WHAT IS NEEDED>
Count the lines below in which "lowest" appears, then give that number by itself.

EXERCISE INPUT>

=== Section Start ===

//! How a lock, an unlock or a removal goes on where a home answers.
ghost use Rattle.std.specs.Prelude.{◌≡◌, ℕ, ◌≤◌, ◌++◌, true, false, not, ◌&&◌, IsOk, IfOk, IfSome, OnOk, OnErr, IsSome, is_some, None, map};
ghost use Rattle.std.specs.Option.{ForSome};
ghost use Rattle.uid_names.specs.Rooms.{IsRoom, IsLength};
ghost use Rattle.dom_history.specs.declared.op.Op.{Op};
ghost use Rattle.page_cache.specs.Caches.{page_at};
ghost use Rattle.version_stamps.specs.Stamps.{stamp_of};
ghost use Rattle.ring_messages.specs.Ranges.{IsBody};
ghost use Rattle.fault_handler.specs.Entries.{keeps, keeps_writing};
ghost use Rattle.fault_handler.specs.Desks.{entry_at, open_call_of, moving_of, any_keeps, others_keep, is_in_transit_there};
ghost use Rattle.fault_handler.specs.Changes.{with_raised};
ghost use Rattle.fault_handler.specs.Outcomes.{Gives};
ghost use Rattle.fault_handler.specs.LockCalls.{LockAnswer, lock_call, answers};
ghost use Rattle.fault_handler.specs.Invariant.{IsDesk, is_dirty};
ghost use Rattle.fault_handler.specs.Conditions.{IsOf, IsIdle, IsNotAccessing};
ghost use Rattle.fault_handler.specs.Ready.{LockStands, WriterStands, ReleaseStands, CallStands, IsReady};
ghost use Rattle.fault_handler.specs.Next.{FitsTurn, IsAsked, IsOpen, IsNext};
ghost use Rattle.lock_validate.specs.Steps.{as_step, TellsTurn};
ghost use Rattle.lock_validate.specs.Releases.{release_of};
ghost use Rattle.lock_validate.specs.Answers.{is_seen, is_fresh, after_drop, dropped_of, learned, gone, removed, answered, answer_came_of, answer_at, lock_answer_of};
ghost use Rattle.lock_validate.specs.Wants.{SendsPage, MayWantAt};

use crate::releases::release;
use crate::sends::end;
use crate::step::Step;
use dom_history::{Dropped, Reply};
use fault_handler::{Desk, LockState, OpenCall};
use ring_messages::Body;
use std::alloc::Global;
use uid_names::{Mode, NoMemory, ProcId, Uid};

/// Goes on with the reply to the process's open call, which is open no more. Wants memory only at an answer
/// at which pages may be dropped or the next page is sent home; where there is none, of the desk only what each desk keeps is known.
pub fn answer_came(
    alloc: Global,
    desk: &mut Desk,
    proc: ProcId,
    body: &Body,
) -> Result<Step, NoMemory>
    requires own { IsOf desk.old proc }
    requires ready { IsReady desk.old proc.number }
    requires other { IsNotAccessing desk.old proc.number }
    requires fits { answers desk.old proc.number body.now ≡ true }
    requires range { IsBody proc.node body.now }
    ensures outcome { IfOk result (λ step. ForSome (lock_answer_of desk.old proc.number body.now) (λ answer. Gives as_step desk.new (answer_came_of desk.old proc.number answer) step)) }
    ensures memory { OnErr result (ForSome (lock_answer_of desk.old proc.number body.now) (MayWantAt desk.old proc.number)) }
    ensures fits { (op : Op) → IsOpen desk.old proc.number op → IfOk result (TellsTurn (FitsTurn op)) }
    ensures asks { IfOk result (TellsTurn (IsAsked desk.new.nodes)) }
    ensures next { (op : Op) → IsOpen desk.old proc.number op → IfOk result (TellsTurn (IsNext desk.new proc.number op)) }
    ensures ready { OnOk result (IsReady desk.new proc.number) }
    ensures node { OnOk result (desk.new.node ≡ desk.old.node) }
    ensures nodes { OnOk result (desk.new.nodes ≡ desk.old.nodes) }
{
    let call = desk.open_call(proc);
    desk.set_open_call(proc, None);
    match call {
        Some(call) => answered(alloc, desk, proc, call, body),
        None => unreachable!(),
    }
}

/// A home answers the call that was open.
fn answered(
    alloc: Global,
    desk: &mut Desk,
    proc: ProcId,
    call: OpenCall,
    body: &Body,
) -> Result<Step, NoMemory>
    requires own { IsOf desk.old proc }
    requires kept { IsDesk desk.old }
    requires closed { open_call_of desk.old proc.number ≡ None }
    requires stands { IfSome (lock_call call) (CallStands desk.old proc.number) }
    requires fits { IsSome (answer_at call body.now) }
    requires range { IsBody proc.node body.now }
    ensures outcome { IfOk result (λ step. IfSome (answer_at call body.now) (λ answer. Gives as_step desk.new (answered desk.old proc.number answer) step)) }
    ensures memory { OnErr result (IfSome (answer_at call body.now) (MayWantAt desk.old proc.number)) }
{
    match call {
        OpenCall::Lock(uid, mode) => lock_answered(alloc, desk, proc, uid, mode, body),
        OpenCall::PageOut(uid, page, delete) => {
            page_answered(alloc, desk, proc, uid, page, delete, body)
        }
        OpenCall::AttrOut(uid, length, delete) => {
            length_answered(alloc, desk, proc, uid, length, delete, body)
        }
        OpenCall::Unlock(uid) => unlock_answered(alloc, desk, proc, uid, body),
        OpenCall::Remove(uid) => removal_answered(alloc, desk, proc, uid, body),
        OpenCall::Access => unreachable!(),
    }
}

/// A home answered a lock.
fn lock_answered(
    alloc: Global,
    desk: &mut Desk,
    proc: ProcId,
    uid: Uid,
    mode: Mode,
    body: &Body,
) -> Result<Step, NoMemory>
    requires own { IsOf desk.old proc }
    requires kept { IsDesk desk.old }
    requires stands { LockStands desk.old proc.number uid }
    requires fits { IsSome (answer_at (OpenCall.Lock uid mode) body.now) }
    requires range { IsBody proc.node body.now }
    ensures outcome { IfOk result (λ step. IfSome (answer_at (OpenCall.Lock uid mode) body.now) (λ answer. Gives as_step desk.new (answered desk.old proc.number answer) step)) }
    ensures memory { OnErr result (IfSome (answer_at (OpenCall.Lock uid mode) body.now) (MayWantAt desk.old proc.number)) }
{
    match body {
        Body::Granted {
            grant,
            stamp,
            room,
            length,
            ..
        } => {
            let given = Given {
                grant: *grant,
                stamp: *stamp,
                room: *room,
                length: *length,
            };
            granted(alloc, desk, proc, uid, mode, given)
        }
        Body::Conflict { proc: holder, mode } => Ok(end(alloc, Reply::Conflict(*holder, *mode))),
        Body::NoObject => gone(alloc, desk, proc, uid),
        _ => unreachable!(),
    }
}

=== Section End ===
=== Section Start ===

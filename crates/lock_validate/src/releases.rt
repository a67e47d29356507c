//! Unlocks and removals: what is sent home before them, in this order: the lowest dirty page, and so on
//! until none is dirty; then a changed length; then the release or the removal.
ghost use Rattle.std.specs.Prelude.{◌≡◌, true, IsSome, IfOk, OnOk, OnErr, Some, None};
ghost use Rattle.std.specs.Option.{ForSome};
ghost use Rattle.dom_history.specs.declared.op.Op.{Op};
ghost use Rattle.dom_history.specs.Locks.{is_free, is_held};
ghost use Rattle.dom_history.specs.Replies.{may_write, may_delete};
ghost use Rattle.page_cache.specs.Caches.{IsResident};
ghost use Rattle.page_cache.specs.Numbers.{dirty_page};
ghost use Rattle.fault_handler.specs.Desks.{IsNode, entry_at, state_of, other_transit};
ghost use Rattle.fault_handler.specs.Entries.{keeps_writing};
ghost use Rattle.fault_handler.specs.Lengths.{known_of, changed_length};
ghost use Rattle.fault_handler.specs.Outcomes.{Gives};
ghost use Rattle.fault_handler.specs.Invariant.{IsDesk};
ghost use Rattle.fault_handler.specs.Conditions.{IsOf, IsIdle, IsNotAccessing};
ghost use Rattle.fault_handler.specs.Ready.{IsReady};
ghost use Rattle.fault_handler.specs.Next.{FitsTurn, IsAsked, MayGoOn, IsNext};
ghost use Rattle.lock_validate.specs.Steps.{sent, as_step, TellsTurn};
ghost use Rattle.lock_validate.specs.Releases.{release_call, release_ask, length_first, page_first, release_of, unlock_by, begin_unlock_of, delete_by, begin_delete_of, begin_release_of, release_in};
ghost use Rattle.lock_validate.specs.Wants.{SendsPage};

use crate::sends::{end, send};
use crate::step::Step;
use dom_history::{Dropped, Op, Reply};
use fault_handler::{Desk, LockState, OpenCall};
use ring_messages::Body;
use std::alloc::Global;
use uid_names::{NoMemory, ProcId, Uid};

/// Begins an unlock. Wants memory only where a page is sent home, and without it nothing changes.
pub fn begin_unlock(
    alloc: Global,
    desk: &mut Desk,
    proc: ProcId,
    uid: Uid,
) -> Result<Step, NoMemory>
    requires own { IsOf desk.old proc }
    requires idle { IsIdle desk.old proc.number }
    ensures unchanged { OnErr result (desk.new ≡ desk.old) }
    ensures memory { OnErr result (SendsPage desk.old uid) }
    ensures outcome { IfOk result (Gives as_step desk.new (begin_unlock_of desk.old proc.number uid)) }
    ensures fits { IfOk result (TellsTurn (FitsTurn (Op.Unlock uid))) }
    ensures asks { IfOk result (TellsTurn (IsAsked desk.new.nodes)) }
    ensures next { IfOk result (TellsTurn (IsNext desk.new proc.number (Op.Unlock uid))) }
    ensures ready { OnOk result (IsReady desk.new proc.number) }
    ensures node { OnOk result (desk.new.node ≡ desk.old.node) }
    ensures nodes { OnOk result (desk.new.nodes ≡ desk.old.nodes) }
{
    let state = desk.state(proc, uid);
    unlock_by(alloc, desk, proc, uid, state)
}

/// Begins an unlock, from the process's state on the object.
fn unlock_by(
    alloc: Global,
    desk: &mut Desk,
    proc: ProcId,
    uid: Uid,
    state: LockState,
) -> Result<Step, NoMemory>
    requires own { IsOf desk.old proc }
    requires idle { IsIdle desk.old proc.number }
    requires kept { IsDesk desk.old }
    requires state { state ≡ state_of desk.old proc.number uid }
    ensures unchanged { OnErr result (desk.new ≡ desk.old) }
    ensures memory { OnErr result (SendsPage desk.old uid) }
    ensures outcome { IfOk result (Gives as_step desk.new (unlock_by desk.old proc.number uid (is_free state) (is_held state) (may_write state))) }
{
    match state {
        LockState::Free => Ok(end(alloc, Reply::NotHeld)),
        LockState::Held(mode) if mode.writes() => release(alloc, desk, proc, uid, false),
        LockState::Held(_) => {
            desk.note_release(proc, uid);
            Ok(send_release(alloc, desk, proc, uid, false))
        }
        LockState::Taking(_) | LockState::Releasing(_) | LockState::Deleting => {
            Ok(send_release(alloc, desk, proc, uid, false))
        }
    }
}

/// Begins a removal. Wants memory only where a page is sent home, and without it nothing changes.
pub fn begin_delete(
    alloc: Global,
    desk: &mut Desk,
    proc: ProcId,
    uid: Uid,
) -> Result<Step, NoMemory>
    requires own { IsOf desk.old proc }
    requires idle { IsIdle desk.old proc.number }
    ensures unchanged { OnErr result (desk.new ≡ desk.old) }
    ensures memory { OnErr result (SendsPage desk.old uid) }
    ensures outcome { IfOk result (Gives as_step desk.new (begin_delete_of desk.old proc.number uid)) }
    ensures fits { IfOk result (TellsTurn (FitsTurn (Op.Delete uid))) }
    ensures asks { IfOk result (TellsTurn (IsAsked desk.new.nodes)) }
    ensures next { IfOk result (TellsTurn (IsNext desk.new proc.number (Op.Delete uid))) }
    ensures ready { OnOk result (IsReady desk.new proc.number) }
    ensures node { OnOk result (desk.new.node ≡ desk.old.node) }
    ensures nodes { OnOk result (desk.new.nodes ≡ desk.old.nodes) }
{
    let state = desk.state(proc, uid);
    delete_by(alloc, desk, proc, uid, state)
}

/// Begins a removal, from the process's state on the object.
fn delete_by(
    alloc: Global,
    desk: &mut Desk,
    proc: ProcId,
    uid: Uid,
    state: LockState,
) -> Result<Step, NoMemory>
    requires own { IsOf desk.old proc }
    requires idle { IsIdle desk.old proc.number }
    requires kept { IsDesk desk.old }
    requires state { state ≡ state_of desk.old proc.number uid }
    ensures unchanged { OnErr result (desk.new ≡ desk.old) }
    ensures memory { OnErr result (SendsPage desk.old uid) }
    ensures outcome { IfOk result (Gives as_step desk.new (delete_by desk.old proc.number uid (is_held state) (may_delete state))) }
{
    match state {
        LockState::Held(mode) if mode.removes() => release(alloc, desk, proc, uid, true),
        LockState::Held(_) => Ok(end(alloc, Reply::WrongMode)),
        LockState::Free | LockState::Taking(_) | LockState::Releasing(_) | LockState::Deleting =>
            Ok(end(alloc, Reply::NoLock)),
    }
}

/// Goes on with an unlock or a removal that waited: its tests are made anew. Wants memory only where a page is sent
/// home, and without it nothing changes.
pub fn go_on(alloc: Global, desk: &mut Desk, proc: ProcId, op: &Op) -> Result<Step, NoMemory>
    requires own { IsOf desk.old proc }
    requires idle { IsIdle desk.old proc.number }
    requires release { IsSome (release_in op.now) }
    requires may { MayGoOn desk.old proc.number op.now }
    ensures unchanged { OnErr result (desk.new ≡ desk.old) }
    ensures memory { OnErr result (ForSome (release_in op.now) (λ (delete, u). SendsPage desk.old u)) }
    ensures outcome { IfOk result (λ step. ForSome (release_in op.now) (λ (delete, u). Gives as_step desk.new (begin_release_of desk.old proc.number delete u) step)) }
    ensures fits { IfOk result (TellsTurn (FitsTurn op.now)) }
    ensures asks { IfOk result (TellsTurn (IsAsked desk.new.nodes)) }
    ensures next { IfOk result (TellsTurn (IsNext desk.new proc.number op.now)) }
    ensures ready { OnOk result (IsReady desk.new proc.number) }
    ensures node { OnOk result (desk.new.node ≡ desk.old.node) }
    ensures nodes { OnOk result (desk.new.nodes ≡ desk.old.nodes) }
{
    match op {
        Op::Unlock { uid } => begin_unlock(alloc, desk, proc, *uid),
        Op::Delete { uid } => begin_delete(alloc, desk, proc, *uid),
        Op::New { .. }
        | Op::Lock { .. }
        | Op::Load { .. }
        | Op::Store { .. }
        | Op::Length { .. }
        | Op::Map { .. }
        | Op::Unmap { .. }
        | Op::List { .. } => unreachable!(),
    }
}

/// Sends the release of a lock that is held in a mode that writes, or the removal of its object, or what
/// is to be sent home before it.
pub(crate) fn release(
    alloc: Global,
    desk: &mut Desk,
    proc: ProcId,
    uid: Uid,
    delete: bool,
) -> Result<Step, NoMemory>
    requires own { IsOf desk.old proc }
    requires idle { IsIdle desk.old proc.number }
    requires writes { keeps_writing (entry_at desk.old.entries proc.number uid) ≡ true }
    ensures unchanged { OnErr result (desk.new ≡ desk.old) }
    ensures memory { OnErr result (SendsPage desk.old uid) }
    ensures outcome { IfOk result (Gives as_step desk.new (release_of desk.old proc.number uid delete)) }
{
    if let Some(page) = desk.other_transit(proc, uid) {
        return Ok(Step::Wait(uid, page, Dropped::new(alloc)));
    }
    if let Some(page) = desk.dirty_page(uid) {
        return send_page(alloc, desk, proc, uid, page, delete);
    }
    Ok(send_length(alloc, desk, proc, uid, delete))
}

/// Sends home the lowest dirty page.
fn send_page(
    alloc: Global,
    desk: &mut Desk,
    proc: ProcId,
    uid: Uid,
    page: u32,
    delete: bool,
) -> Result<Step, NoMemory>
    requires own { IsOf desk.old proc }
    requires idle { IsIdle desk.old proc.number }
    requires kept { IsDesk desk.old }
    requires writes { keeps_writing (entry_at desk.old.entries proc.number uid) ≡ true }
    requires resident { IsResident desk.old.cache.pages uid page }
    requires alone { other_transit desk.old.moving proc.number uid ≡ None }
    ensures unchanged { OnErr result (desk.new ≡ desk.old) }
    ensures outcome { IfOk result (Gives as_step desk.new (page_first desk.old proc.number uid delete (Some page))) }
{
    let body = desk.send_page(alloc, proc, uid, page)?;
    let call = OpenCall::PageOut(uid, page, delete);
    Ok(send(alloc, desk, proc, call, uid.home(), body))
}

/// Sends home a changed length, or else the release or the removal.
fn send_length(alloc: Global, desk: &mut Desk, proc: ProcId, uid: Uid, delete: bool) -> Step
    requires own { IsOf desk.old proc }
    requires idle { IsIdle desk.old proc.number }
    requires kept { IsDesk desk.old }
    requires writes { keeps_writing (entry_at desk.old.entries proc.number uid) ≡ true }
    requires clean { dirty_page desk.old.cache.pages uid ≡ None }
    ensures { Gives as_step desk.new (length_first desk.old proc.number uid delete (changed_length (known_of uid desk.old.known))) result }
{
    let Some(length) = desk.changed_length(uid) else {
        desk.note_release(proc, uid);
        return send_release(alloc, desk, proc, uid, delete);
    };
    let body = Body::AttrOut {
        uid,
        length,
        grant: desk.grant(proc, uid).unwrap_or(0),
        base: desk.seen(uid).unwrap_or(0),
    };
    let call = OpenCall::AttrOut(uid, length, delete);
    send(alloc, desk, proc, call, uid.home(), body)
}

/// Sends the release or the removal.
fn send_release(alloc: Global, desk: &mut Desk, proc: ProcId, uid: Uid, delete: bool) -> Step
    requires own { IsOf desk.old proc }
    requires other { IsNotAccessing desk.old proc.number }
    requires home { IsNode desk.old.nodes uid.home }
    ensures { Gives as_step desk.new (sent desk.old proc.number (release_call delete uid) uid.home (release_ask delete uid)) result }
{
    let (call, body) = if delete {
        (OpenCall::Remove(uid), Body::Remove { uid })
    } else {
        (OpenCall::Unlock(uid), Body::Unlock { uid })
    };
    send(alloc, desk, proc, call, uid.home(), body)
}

=== Section End ===

RESPONSE AREA>
2